Are you an active runner? You could be experiencing or be prone to iliotibial band (ITB) syndrome. This syndrome can be painful but can be treated in minimal recovery time withou a huge financial investment. Whether you seek the assistance of a physical therapist, or practice certain techniques on your own, there are various ways to treat ITB syndrome.
You may be asking yourself how ITB syndrome is recognized? It is simply a pain located around the outside of the knee that becomes worse while exercising, specifically running. Common causes of ITB syndrome include running too fast or too far. Just one stride in your walk or run can result in tightness in the ITB and therefore cause ITB syndrome. If you do experience this type of physical pain, it is recommended that you stop exercising and ice the area. In addition, resting, stretching and supplying your body with the best nutrients will achieve optimal results.
My number one tip to prevent ITB syndrome would be to purchase a foam roller and massage your hips and knees often in an effort to allow you to continue exercising and running.
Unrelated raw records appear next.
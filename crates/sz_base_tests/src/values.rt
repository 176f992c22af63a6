//! The order of values, their weights, copies and hashes, and what lists, maps, slots and texts give back.
use crate::given::Given::{Array, Bool, Bytes, Int, Map, Names, Str, Texts, Time, Tuple};
use crate::given::{Given, list_of, map};
use std::alloc::Global;
use std::cmp::Ordering;
use std::hash::{DefaultHasher, Hash, Hasher};
use sz_value::{
    List, NoMemory, Pair, Pairs, Slot, Slots, Text, Value, copy, copy_pairs, equal, order, weight,
};

// Each value is less than all after it.
const ASCENDING: &[Given] = &[
    Bool(false),
    Bool(true),
    Int(i64::MIN),
    Int(-1),
    Int(0),
    Int(1),
    Int(i64::MAX),
    Time(-5),
    Time(1),
    Time(4),
    Str(""),
    Str("a"),
    Str("ab"),
    Str("b"),
    Str("z\u{e9}"),
    Str("\u{e9}"),
    Bytes(b""),
    Bytes(b"\x00"),
    Bytes(b"\x00\xff"),
    Bytes(b"\x01"),
    Bytes(b"\xff"),
    Array(&[]),
    Array(&[0]),
    Array(&[0, -1]),
    Array(&[1]),
    Array(&[1, 0]),
    Texts(&["a", "b"]),
    Tuple(&[]),
    Tuple(&[-9]),
    Tuple(&[-9, 0]),
    Map(&[]),
    Map(&[(1, 7)]),
    Map(&[(1, 7), (2, 0)]),
    Map(&[(1, 8)]),
    Map(&[(2, 0)]),
    Names(&[("a", "b")]),
];

enum Row {
    // What a value weighs.
    Weighs(Given, u64),
    // Two texts, and whether each, and both as one, are ASCII.
    Ascii(&'static str, &'static str, [bool; 3]),
    // A text that is the same value however it is made.
    Alike(&'static str),
    // A text that is doubled so many times, and another one behind it, in which each character is found.
    Places(&'static str, u8, &'static str),
    // The part of an ASCII text between two places.
    Cut(&'static str, usize, usize, &'static str),
    // The pairs that are given, and those of the map that is made of them.
    Pairs(&'static [(i64, i64)], &'static [(i64, i64)]),
    // The pairs that are given, a key, and its place in the map that is made of them, if it is there.
    PlaceOf(&'static [(i64, i64)], i64, Option<usize>),
    // A map of many numbers, from pairs with falling keys.
    Falling,
    // So many pairs, with even keys from 0 on, are put into a map one by one, the key of this number first. Each comes so many
    // after the one before; after the last comes the first.
    Grown(i64, i64, i64),
    // Pairs are put into a map and replaced.
    Replaced,
    // What a list gives back.
    List,
    // What slots give back.
    Slots,
}

const ROWS: &[Row] = &[
    Row::Weighs(Int(i64::MIN), 1),
    Row::Weighs(Str("\u{20ac}uro"), 7),
    Row::Weighs(Bytes(b"\x07\x00\x07"), 4),
    Row::Weighs(Tuple(&[]), 1),
    Row::Weighs(Tuple(&[5, 6]), 3),
    Row::Weighs(Map(&[(1, 5), (2, 6)]), 5),
    Row::Ascii("", "a z\u{7f}", [true, true, true]),
    Row::Ascii("ab", "c", [true, true, true]),
    Row::Ascii("ab", "\u{e9}", [true, false, false]),
    Row::Ascii("\u{80}", "", [false, true, false]),
    Row::Ascii("aaaaaaaaa\u{e9}", "a", [false, true, false]),
    Row::Ascii("0123456789abcde", "", [true, true, true]),
    Row::Ascii("0123456789abcde", "f", [true, true, true]),
    Row::Ascii("0123456789abcdef", "", [true, true, true]),
    Row::Ascii("0123456789abcdef", "0", [true, true, true]),
    Row::Ascii("0123456789abcdef0", "", [true, true, true]),
    Row::Ascii("", "0123456789abcdef0", [true, true, true]),
    Row::Ascii("0123456789abcd", "\u{e9}", [true, false, false]),
    Row::Ascii("0123456789abcd\u{e9}", "f", [false, true, false]),
    Row::Alike(""),
    Row::Alike("0123456789abcde"),
    Row::Alike("0123456789abcdef"),
    Row::Alike("0123456789abcdef0"),
    Row::Alike("0123456789abc\u{e9}"),
    Row::Alike("0123456789abcd\u{e9}"),
    Row::Alike("0123456789abcde\u{e9}"),
    Row::Places("", 1, "a"),
    Row::Places("a", 4, "b"),
    Row::Places("abc", 2, "abc"),
    Row::Places("a", 7, "\u{e9}"),
    Row::Places("\u{e9}", 6, "b"),
    Row::Places("\u{e9}", 7, "\u{20ac}"),
    Row::Places("a\u{e9}\u{20ac}", 6, "ab"),
    Row::Places("\u{1f600}b\u{e9}\u{e9}\u{e9}", 5, "\u{1f600}"),
    Row::Cut("abcd", 1, 3, "bc"),
    Row::Cut("abcd", 4, 4, ""),
    Row::Cut("0123456789abcdef0", 0, 15, "0123456789abcde"),
    Row::Cut("0123456789abcdef0", 1, 17, "123456789abcdef0"),
    Row::Cut("0123456789abcdef01", 1, 18, "123456789abcdef01"),
    Row::Cut("0123456789abcdef", 0, 16, "0123456789abcdef"),
    Row::Pairs(&[], &[]),
    Row::Pairs(&[(4, 1)], &[(4, 1)]),
    Row::Pairs(&[(1, 5), (2, 6), (3, 7)], &[(1, 5), (2, 6), (3, 7)]),
    Row::Pairs(&[(3, 7), (2, 6), (1, 5)], &[(1, 5), (2, 6), (3, 7)]),
    Row::Pairs(&[(2, 1), (1, 5), (2, 2), (2, 3)], &[(1, 5), (2, 3)]),
    Row::Pairs(&[(0, 9), (-1, 8), (0, 7), (-1, 6)], &[(-1, 6), (0, 7)]),
    Row::PlaceOf(&[], 0, None),
    Row::PlaceOf(&[(4, 1)], 4, Some(0)),
    Row::PlaceOf(&[(6, 0), (2, 0), (4, 0)], 1, None),
    Row::PlaceOf(&[(6, 0), (2, 0), (4, 0)], 2, Some(0)),
    Row::PlaceOf(&[(6, 0), (2, 0), (4, 0)], 3, None),
    Row::PlaceOf(&[(6, 0), (2, 0), (4, 0)], 4, Some(1)),
    Row::PlaceOf(&[(6, 0), (2, 0), (4, 0)], 6, Some(2)),
    Row::PlaceOf(&[(6, 0), (2, 0), (4, 0)], 7, None),
    Row::PlaceOf(&[(2, 0), (1, 0), (2, 1)], 2, Some(1)),
    Row::Falling,
    Row::Grown(0, 0, 1),
    Row::Grown(1, 0, 1),
    Row::Grown(255, 0, 1),
    Row::Grown(256, 255, 255),
    Row::Grown(257, 128, 128),
    Row::Grown(511, 0, 510),
    Row::Grown(512, 511, 511),
    Row::Grown(513, 256, 256),
    Row::Grown(3000, 0, 1),
    Row::Grown(3000, 1500, 1),
    Row::Grown(3000, 2999, 2999),
    Row::Grown(3000, 1499, 2999),
    Row::Grown(3001, 0, 1500),
    Row::Grown(3001, 2, 1501),
    Row::Grown(3000, 7, 1171),
    Row::Grown(33025, 33024, 33024),
    Row::Replaced,
    Row::List,
    Row::Slots,
];

// The tables come from calls, so that no proof sees what stands in them.
fn ascending() -> &'static [Given] {
    ASCENDING
}

fn rows() -> &'static [Row] {
    ROWS
}

fn hash_of(value: &Value) -> u64 {
    let mut hasher = DefaultHasher::new();
    value.hash(&mut hasher);
    hasher.finish()
}

// The values of the table, turned round and sorted.
fn sorted(alloc: Global) -> Result<List, NoMemory> {
    let mut values = list_of(alloc, ascending())?.into_vec();
    values.reverse();
    values.sort()?;
    Ok(List::from_vec(values))
}

// Whether the copy of the value at a place of the sorted ones stands at that place of the table.
fn stands_at(alloc: Global, place: usize) -> Result<bool, NoMemory> {
    let values = list_of(alloc, ascending())?;
    let sorted = sorted(alloc)?;
    match sorted.as_slice().get(place) {
        Some(value) => copy_stands_at(alloc, values.as_slice(), place, value),
        None => Ok(false),
    }
}

fn copy_stands_at(
    alloc: Global,
    values: &[Value],
    place: usize,
    value: &Value,
) -> Result<bool, NoMemory> {
    let made = copy(alloc, value)?;
    let stands = is_between(values, place, &made);
    drop(made);
    Ok(stands)
}

// Whether this is less than all values after the place, more than all before it, and equal to the one there alone, as which
// it hashes.
fn is_between(values: &[Value], place: usize, made: &Value) -> bool {
    let mut all = true;
    for (k, other) in values.iter().enumerate() {
        all = all
            && order(made, other) == place.cmp(&k)
            && equal(made, other) == (place == k)
            && (hash_of(made) == hash_of(other)) == (place == k);
    }
    all
}

// Whether a value weighs this.
fn weighs(alloc: Global, given: Given, wanted: u64) -> Result<bool, NoMemory> {
    let values = list_of(alloc, &[given])?;
    match values.as_slice() {
        [value] => Ok(weight(value) == wanted),
        _ => Ok(false),
    }
}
The technique for using a foam roller is simple: Place the foam roller on the ground and place the outside of your thigh on the roll so that you can roll the length of your thigh. Use your hands to pull your body back and forth over the affected area of your leg for a minute or two. Slowly massage the affected muscles a few times a day with the foam roller in an effort to maintain your active lifestyle without experiencing pain.